Clickbaits are made to lure you in. They are so attractive and yet usually misleading. This kind of headlines has been extensively exploited to the point that bots are being used to generate headlines.
From the standpoint of readers who want to get information or moderators who want to uphold the integrity of their site’s content, spotting these bot-generated headlines will help a lot. Clickbaits can become wildfires of misinformation left unchecked.
With this, a collaboration study from Penn State University and Arizona State University developed a human-aided AI system to improve the discernment between bot-generated and human written headlines.
An AI-human collaboration
The researchers of the study pointed out one challenge in automatedly combatting clickbait — the lack of high-quality labeled samples to train AI system.

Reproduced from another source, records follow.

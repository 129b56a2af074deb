//! How a step of a node is made, once a row of the step has drafted it.
#![tactic(auto)]

mod applying;
mod beginning;
mod clearing;
mod finishing;
mod making;

pub use making::{make, plain};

To remedy this, the researchers commissioned human entities such as crowdworkers and journalism students to make clickbaits. At the same time, they used deep generative models to make clickbaits from scratch.
Pooling these together, we have what they defined as synthetic clickbaits.
The results? A spike in the area-under-the-curve (AUC) values of the models by as high as 14.5%. Higher AUC values mean that the model is better at classifying the data on-hand.
This improved performance allowed it to outperform the some of the excellently performing clickbait detection algorithms we have right now.
Insufficient data in supervised learning in one of the problems faced in AI and machine learning (ML) systems today in the context of clickbait detection.
With this study showing that synthetically-generated text can help to supplement existing training samples for ML systems, this kind of data sets could be an interesting domain to further explore in other studies.
Through more developments like this, content moderation will be further improved. Human moderators can then focus on combating intentional information with a huge number of bot-generated ones filtered out.